First try the official path:

ollama pull gemma4:12b

If it succeeds, run:

ollama run gemma4:12b "用一句中文回答：现在可以问你问题吗？"

If it fails with pull model manifest: file does not exist, fall back to GGUF import. Download or reuse a local GGUF:

mkdir -p "$HOME/Models/gemma4-12b"
huggingface-cli download ggml-org/gemma-4-12B-it-GGUF \
  gemma-4-12B-it-Q4_K_M.gguf \
  --local-dir "$HOME/Models/gemma4-12b"

Create a Modelfile:

cat > "$HOME/Models/gemma4-12b/Modelfile" <<EOF
FROM $HOME/Models/gemma4-12b/gemma-4-12B-it-Q4_K_M.gguf
EOF

Homebrew ollama builds may lack sidecar llama-server / llama-quantize binaries. If ollama create or ollama run reports either binary missing, create a stable working directory with symlinks to llama.cpp:

mkdir -p "$HOME/ollama-gemma4/build/lib/ollama"
ln -sf /opt/homebrew/bin/llama-server "$HOME/ollama-gemma4/build/lib/ollama/llama-server"
ln -sf /opt/homebrew/bin/llama-quantize "$HOME/ollama-gemma4/build/lib/ollama/llama-quantize"
tmux kill-session -t ollama-gemma4 2>/dev/null || true
tmux new-session -d -s ollama-gemma4 "cd '$HOME/ollama-gemma4' && OLLAMA_FLASH_ATTENTION=1 OLLAMA_KV_CACHE_TYPE=q8_0 ollama serve"

Import and run:

ollama create gemma4-12b-gguf-local -f "$HOME/Models/gemma4-12b/Modelfile"
ollama list
ollama run gemma4-12b-gguf-local "用一句中文回答：Ollama 能跑 Gemma 4 12B 吗？"
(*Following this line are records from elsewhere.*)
// Worked runs: a script, and what it is answered.
use crate::replay::replay;
use mat_io::{MemSink, MemSource};
use std::test::Fail;

/// An empty file and an empty directory: nothing is fetched for them.
const EMPTY_THINGS: (&[u8], &[u8]) = (
    b"enter 1 7\n\
          declare 1 e/file f e3b0c44298fc1c149afbf4c8996fb92427ae41e4649b934ca495991b7852b855:0 .\n\
          declare 1 e/dir d .\n\
          ensure 1 e/file\n\
          ensure 1 e/dir\n\
          drain\n\
          asks\n\
          show e\n\
          end\n",
    b"entered\n\
          declared 1\n\
          declared 2\n\
          open 3\n\
          open 4\n\
          drained\n\
          answer 3 ready 1 f e3b0c44298fc1c149afbf4c8996fb92427ae41e4649b934ca495991b7852b855:0\n\
          answer 4 ready 2 d e3b0c44298fc1c149afbf4c8996fb92427ae41e4649b934ca495991b7852b855:0\n\
          asks 0\n\
          show 2\n\
          d dir\n\
          f e3b0c44298fc1c149afbf4c8996fb92427ae41e4649b934ca495991b7852b855:0 file\n",
);

/// Paths inside and outside a directory.
const INSIDE_A_DIRECTORY: (&[u8], &[u8]) = (
    b"enter 1 7\n\
          blob 61\n\
          declare 1 out/d d . f ca978112ca1bbdcafac231b39a23dc4da786eff8147c4e72b9807785afee48bb:1 x\n\
          ensure 1 out/d/x\n\
          ensure 1 out/d/y\n\
          ensure 1 out\n\
          drain\n\
          ensure 1 out/d/x\n\
          end\n",
    b"entered\n\
          stored ca978112ca1bbdcafac231b39a23dc4da786eff8147c4e72b9807785afee48bb:1\n\
          declared 1\n\
          open 2\n\
          undeclared\n\
          undeclared\n\
          drained\n\
          answer 2 ready 1 d 8cd2d7e6f5c75740e6ae6534ff852e91e933de1a1422779e3e81b7b52f845bd4:75\n\
          ready 1 d 8cd2d7e6f5c75740e6ae6534ff852e91e933de1a1422779e3e81b7b52f845bd4:75\n",
);

/// A file that the store lacks at first.
const MISSING_THEN_STORED: (&[u8], &[u8]) = (
    b"enter 1 7\n\
          declare 1 p f ca978112ca1bbdcafac231b39a23dc4da786eff8147c4e72b9807785afee48bb:1 .\n\
          ensure 1 p\n\
          drain\n\
          blob 61\n\
          ensure 1 p\n\
          drain\n\
          asks\n\
          end\n",
    b"entered\n\
          declared 1\n\
          open 2\n\
          drained\n\
          answer 2 missing ca978112ca1bbdcafac231b39a23dc4da786eff8147c4e72b9807785afee48bb:1\n\
          stored ca978112ca1bbdcafac231b39a23dc4da786eff8147c4e72b9807785afee48bb:1\n\
          open 5\n\
          drained\n\
          answer 5 ready 1 f ca978112ca1bbdcafac231b39a23dc4da786eff8147c4e72b9807785afee48bb:1\n\
          asks 2\n",
);

/// A store that holds other bytes.
const LYING_STORE: (&[u8], &[u8]) = (
    b"enter 1 7\n\
          lie ca978112ca1bbdcafac231b39a23dc4da786eff8147c4e72b9807785afee48bb:1 62\n\
          declare 1 p f ca978112ca1bbdcafac231b39a23dc4da786eff8147c4e72b9807785afee48bb:1 .\n\
          ensure 1 p\n\
          drain\n\
          end\n",
    b"entered\n\
          stored ca978112ca1bbdcafac231b39a23dc4da786eff8147c4e72b9807785afee48bb:1\n\
          declared 1\n\
          open 2\n\
          drained\n\
          answer 2 corrupt ca978112ca1bbdcafac231b39a23dc4da786eff8147c4e72b9807785afee48bb:1 3e23e8160039594a33894f6564e1b1348bbd7a0088d42c4acb73eeaed59c009d:1\n",
);

/// A make that fails leaves what it put, and the next one begins anew.
const FAILED_MAKE: (&[u8], &[u8]) = (
    b"enter 1 7\n\
          blob 61\n\
          declare 1 p d . f ca978112ca1bbdcafac231b39a23dc4da786eff8147c4e72b9807785afee48bb:1 a l a b f 3e23e8160039594a33894f6564e1b1348bbd7a0088d42c4acb73eeaed59c009d:1 c x ca978112ca1bbdcafac231b39a23dc4da786eff8147c4e72b9807785afee48bb:1 d\n\
          ensure 1 p\n\
          drain\n\
          show p\n\
          asks\n\
          lie 3e23e8160039594a33894f6564e1b1348bbd7a0088d42c4acb73eeaed59c009d:1 61\n\
          blob 62\n\
          ensure 1 p\n\
          drain\n\
          show p\n\
          asks\n\
          end\n",
    b"entered\n\
          stored ca978112ca1bbdcafac231b39a23dc4da786eff8147c4e72b9807785afee48bb:1\n\
          declared 1\n\
          open 2\n\
          drained\n\
          answer 2 missing 3e23e8160039594a33894f6564e1b1348bbd7a0088d42c4acb73eeaed59c009d:1\n\
          show 3\n\
          d .\n\
          f ca978112ca1bbdcafac231b39a23dc4da786eff8147c4e72b9807785afee48bb:1 a\n\
          l a b\n\
          asks 2\n\
          stored 3e23e8160039594a33894f6564e1b1348bbd7a0088d42c4acb73eeaed59c009d:1\n\
          stored 3e23e8160039594a33894f6564e1b1348bbd7a0088d42c4acb73eeaed59c009d:1\n\
          open 5\n\
          drained\n\
          answer 5 ready 1 d 7b3c700eafddd89d5c2aa7cebbf85602ea805d83a800e211a2f5cab3a04e2e7a:235\n\
          show 5\n\
          d .\n\
          f ca978112ca1bbdcafac231b39a23dc4da786eff8147c4e72b9807785afee48bb:1 a\n\
          l a b\n\
          f 3e23e8160039594a33894f6564e1b1348bbd7a0088d42c4acb73eeaed59c009d:1 c\n\
          x ca978112ca1bbdcafac231b39a23dc4da786eff8147c4e72b9807785afee48bb:1 d\n\
          asks 5\n",
);

/// Commands with flags that come before and beside a live one: they aren't served yet, and change nothing.
const FLAGGED: (&[u8], &[u8]) = (
    b"enter 1 7 p\n\
      write 1 p 61\n\
      enter 1 7 r\n\
      enter 1 7 pr\n\
      write 1 p 61\n\
      enter 1 7\n\
      enter 1 7 p\n\
      enter 2 8 r\n\
      write 2 p 61\n\
      write 1 p 61\n\
      end\n",
    b"notyet\n\
      notlive\n\
      notyet\n\
      notyet\n\
      notlive\n\
      entered\n\
      notyet\n\
      notyet\n\
      notlive\n\
      declared 4\n",
);

/// Declarations and writes that aren't served, or not yet, and another digest of no bytes, which is asked for.
const REFUSED: (&[u8], &[u8]) = (
    b"write 1 p 61\n\
      declare 1 p d .\n\
      enter 1 7\n\
      enter 2 7\n\
      write 1 p 61\n\
      declare 1 p/q d .\n\
      write 1 p 62\n\
      write 2 p 62\n\
      declare 2 p d .\n\
      declare 1 e f ca978112ca1bbdcafac231b39a23dc4da786eff8147c4e72b9807785afee48bb:0 .\n\
      ensure 1 e\n\
      drain\n\
      asks\n\
      restart\n\
      end\n",
    b"notlive\n\
      notlive\n\
      entered\n\
      notyet\n\
      declared 3\n\
      notyet\n\
      notyet\n\
      notlive\n\
      notlive\n\
      declared 6\n\
      open 7\n\
      drained\n\
      answer 7 missing ca978112ca1bbdcafac231b39a23dc4da786eff8147c4e72b9807785afee48bb:0\n\
      asks 1\n\
      notyet\n",
);

#[test]
fn worked_runs(rt: HostRuntime) -> Result<(), Fail> {
    let table = [
        EMPTY_THINGS,
        INSIDE_A_DIRECTORY,
        MISSING_THEN_STORED,
        LYING_STORE,
        FAILED_MAKE,
        FLAGGED,
        REFUSED,
    ];
    for (script, text) in table.iter() {
        let bytes = Vec::from_slice(rt.alloc(), *script)?;
        let mut input = MemSource::new(bytes, Vec::new(rt.alloc()));
        let mut output = MemSink::new(rt.alloc(), Vec::new(rt.alloc()));
        let ended = replay(rt.alloc(), 1, &mut input, &mut output);
        assert_eq!(rt; ended.status, 0);
        assert_eq!(rt; output.bytes(), *text);
    }
    Ok(())
}
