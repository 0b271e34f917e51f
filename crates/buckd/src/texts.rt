// The text of what is told, put behind what a `Vec` holds. After want of memory a part of it may stand there.
ghost use Rattle.std.specs.Prelude.{◌≡◌, ◌+◌, ◌^◌, ◌<◌, ◌++◌, OnOk};
ghost use Rattle.std.specs.List.{flat_map};
ghost use Rattle.buckd.specs.Texts.{answer_line, answer_lines, given_line, said_line, ticket_line};

use mat_model::{Answer, Given, Ticket};
use mat_path::{Items, Memory};
use script_lang::{Said, Told, push_answer, push_numbered, push_told};
use tree_words::push_text;

// Puts the line of an answered ticket behind.
fn push_answer_line(out: &mut Vec<u8>, ticket: u64, answer: &Answer) -> Result<(), Memory>
    ensures ok { OnOk result (out.new.items ≡ out.old.items ++ answer_line ticket answer.now) }
{
    push_numbered(out, b"answer ", ticket)?;
    push_text(out, b" ")?;
    push_answer(out, answer)?;
    push_text(out, b"\n")
}

// Puts the line of a ticket behind, if the entry of this number gave its answer.
fn push_given_line(out: &mut Vec<u8>, number: u64, ticket: u64, given: &Given) -> Result<(), Memory>
    ensures ok { OnOk result (out.new.items ≡ out.old.items ++ given_line number ticket given.now) }
{
    if given.at != number {
        return Ok(());
    }
    push_answer_line(out, ticket, &given.answer)
}

// Puts the line of a ticket behind, if the entry of this number answered it.
fn push_ticket_line(out: &mut Vec<u8>, number: u64, ticket: &Ticket) -> Result<(), Memory>
    ensures ok { OnOk result (out.new.items ≡ out.old.items ++ ticket_line number ticket.now) }
{
    match &ticket.answered {
        Some(given) => push_given_line(out, number, ticket.number, given),
        None => Ok(()),
    }
}

// Puts the lines of the tickets behind that the entry of this number answered.
fn push_ticket_lines(out: &mut Vec<u8>, number: u64, tickets: &[Ticket]) -> Result<(), Memory>
    ensures ok { OnOk result (out.new.items ≡ out.old.items ++ flat_map (ticket_line number) tickets.now) }
{
    for ticket in tickets {
        push_ticket_line(out, number, ticket)?;
    }
    Ok(())
}

/// Puts the lines of the tickets behind that some entries answered: `count` of them, from a number on.
pub fn push_answer_lines(
    out: &mut Vec<u8>,
    number: u64,
    count: u64,
    tickets: &[Ticket],
) -> Result<(), Memory>
    requires { number + count < 2 ^ 64 }
    ensures ok { OnOk result (out.new.items ≡ out.old.items ++ answer_lines number count tickets.now) }
{
    for step in 0..count {
        push_ticket_lines(out, number + step, tickets)?;
    }
    Ok(())
}

/// Puts behind what is said of an item that answered no ticket.
pub fn push_said(out: &mut Vec<u8>, said: Said) -> Result<(), Memory>
    ensures ok { OnOk result (out.new.items ≡ out.old.items ++ said_line said) }
{
    let answers = Items::of(Vec::new(*out.allocator()));
    push_told(out, &Told { said, answers })
}

#[cfg(test)]
mod tests {
    use super::*;
    use mat_digest::Digest;
    use mat_path::Path;
    use mat_tree::{Kind, Sum};
    use std::alloc::Global;
    use std::test::Fail;

    const DIGEST: Digest = Digest {
        hash: [0xab; 32],
        size: 3,
    };

    const READY: Answer = Answer::Ready {
        stamp: 4,
        sum: Sum {
            kind: Kind::Exec,
            digest: DIGEST,
        },
    };

    fn ticket(alloc: Global, number: u64, answered: Option<Given>) -> Result<Ticket, Fail> {
        Ok(Ticket {
            number,
            command: 1,
            asked: Path::read(alloc, b"a")?,
            answered,
        })
    }

    #[test]
    fn answers_of_two_entries(rt: HostRuntime) -> Result<(), Fail> {
        let given = [
            (2, Some((5, READY))),
            (3, Some((7, Answer::Undeclared))),
            (5, Some((6, READY))),
            (8, None),
            (9, Some((8, Answer::Undeclared))),
        ];
        let mut tickets = Vec::new(rt.alloc());
        for (number, answered) in given.iter() {
            let answered = answered.map(|(at, answer)| Given { at, answer });
            tickets.push(ticket(rt.alloc(), *number, answered)?)?;
        }
        let mut out = Vec::new(rt.alloc());
        push_answer_lines(&mut out, 6, 2, tickets.as_slice())?;
        let text =
            b"answer 5 ready 4 x abababababababababababababababababababababababababababababababab:3\nanswer 3 undeclared\n";
        assert_eq!(rt; out.as_slice(), text.as_slice());
        Ok(())
    }
}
For Ollama success, report whether it was:

official registry pull: ollama pull gemma4:12b
manual GGUF import: ollama create gemma4-12b-gguf-local
workaround needed: sidecar symlinks to llama.cpp

Troubleshooting

Symptom	Fix
`unknown model architecture: 'gemma4'`	Upgrade `llama.cpp`; old builds do not support Gemma 4 GGUF.
Port 8080 busy	Show the listener with `lsof`; either stop it or choose another port.
Chat `content` is empty and only reasoning appears	Restart with `--reasoning off`.
First-run `-hf` hangs or repeats metadata resolution	Use the cached local GGUF path with `-m`.
`ollama pull gemma4:12b` returns `pull model manifest: file does not exist`	Official registry tag is not ready or is temporarily inconsistent; use manual GGUF import.
Ollama reports `llama-server binary not found` or `llama-quantize binary not found`	Symlink those binaries from `llama.cpp` into the Ollama working directory and start `ollama serve` from there.
User wants image/multimodal	Remove `--no-mmproj` only after testing `mmproj`; text-only deployment is the stable default.
Memory too high	Lower context, use `Q4_K_M`, or reduce `--parallel` to `1`.

Final response shape

Answer in Chinese unless the user asks otherwise. Include:

endpoint URL
model id
tmux/session management commands
verification results from this session
resource summary and any caveats

Cross-Check Agent

Use agents/openai.yaml only when the deployment plan or troubleshooting result needs an independent model review before execution.